Doing so, means not only we will find the odd ball, but will also find what is the defect.


In case, if we assume that we have this information, in three weighings we can find the odd ball if the number of balls is less than or equal to 24.


If anyone, wants I can explain.


phanbachloc, I hope this helps you.

[alkatran]

Excuse me, but you can determine wether or not it is heavier/lighter with 12 stones assuming you have 3 weighings (see my picture, do the last logical step for yourself, the 13th stone is only a problem when the first weighing is equal).

and if you know the stone is heavier, you can:

Last weighing, 3 unknown stones, compare 2. If different take heavier, else is remaining. before last gives 3, so 9.
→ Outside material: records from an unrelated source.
// What a run tells of itself beside its output.
ghost use Rattle.std.specs.Prelude.{◌≡◌, ℕ, List, Option, None, Bool, true, false, OnOk};
ghost use Rattle.std.specs.Io.KnownBytes.{Appends};
ghost use Rattle.rt_input.specs.Log.{log_line};

use crate::stream::write_out;
use std::alloc::{AllocError, Global};
use std::io::Write;

/// The name of the program, as it stands before each line that is told.
pub const LOG_PREFIX: &str = "kaltewi: ";

/// What a run tells of itself beside its output, line by line.
pub trait Log {
    // Whether lines are told.
    ghost is_on: { Self → Bool };

    // The bytes that were told, where they are known.
    ghost told: { Self → Option (List ℕ) };

    // Whether a line was lost.
    ghost has_lost: { Self → Bool };

    /// Whether lines are told. Where they are not, none has to be made.
    fn is_on(&self) -> bool
        ensures { result ≡ is_on self.now };

    /// Tells a line, which has no line feed. A line that can't be told is lost, and nothing else.
    fn tell(&mut self, line: &str)
        ensures on { is_on self.new ≡ is_on self.old }
        ensures off { is_on self.old ≡ false → self.new ≡ self.old }
        ensures told { is_on self.old ≡ true → has_lost self.new ≡ false
            → Appends (told self.old) (told self.new) (log_line line.now) }
        ensures lost { has_lost self.old ≡ true → has_lost self.new ≡ true };
}

/// Tells nothing.
#[derive(Clone, Copy, Debug)]
pub struct Silent;

impl Log for Silent {
    ghost is_on = { λ _. false };

    ghost told = { λ _. None };

    ghost has_lost = { λ _. false };

    fn is_on(&self) -> bool {
        false
    }

    fn tell(&mut self, _line: &str) {}
}

/// Tells each line to a writer, behind [`LOG_PREFIX`] and with a line feed, by one write where the
/// writer takes it whole.
#[derive(Drop)]
pub struct Telling<W: Write + Drop> {
    writer: W,
    // The line that was told last, as it was written.
    line: Vec<u8>,
    has_lost: bool,
}

impl<W: Write + Drop> Telling<W> {
    /// Nothing has been told.
    pub fn new(alloc: Global, writer: W) -> Telling<W>
        ensures on { ⟦<Telling<W> as Log>⟧.is_on result ≡ true }
        ensures told { ⟦<Telling<W> as Log>⟧.told result ≡ W.contents writer }
        ensures lost { ⟦<Telling<W> as Log>⟧.has_lost result ≡ false }
    {
        Telling {
            writer,
            line: Vec::new(alloc),
            has_lost: false,
        }
    }
}

// Makes the line that is written.
fn make_line(made: &mut Vec<u8>, line: &str) -> Result<(), AllocError>
    ensures { OnOk result (made.new.items ≡ log_line line.now) }
{
    made.clear();
    made.extend_from_slice(LOG_PREFIX.as_bytes())?;
    made.extend_from_slice(line.as_bytes())?;
    made.extend_from_slice(b"\n")
}

impl<W: Write + Drop> Log for Telling<W> {
    ghost is_on = { λ _. true };

    ghost told = { λ s. W.contents s.writer };

    ghost has_lost = { λ s. s.has_lost };

    fn is_on(&self) -> bool {
        true
    }

    fn tell(&mut self, line: &str) {
        if make_line(&mut self.line, line).is_err()
            || write_out(&mut self.writer, &self.line).is_err()
        {
            self.has_lost = true;
        }
    }
}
3^x stones can be sorted where x is the number of weighings. So with 3 weighs we can actually find the odd stone out of 3^3 = 3*3*3 = 3*9 = 27 stones.

[kedaman]

I noticed something.. nobody reads anyone's posts here I just read trough everyones solutions and twanvl seems to have got it long ago already

[alkatran]

Sometimes finding the solution for yourself is fun, too.

[wossname]

Originally posted by twanvl
I'll take a bottom up approach.

I did hear rumours. j/k

[Ecniv]

Originally posted by phanbachloc
there are 13 stones ,12 stones have the same weight,and the rest one has different weight.
How can we find out the stone that has different weight by using 3 times of balancing?

I take this to mean:
1 stone of a different weight
12 stones of same weight
You have 3 balances MAX to get the stone.

If that is correct, then the lovely graphc is nice, but uses too many balances.

If you know if its heavier or lighter then you can possibly get it in the 3 balances :

1) 1st 6st-6st
If balanced the odd stone is the difference
Otherwise take the 6st from the unbalanced side

2) 3st-3st
Take the 3st from the unbalanced side

3) 1 1st-1st
If balanced its the removed stone
If unbalanced its that stone

However, if you don't know if the stone thats different, its going to be more tricky. And if the original poster now has the answer from a school book - please post


Vince

[alkatran]

You don't know if the stone is heavier or lighter, so there is no way to eliminate a group of stones in one weighing unless it returns equal. (You don't know if it's on the heavy or light side)

If you knew the stone was heavier, it would make more sense to take 2/3 of your stones, and compare them (1/3 on each side) instead of putting them all on.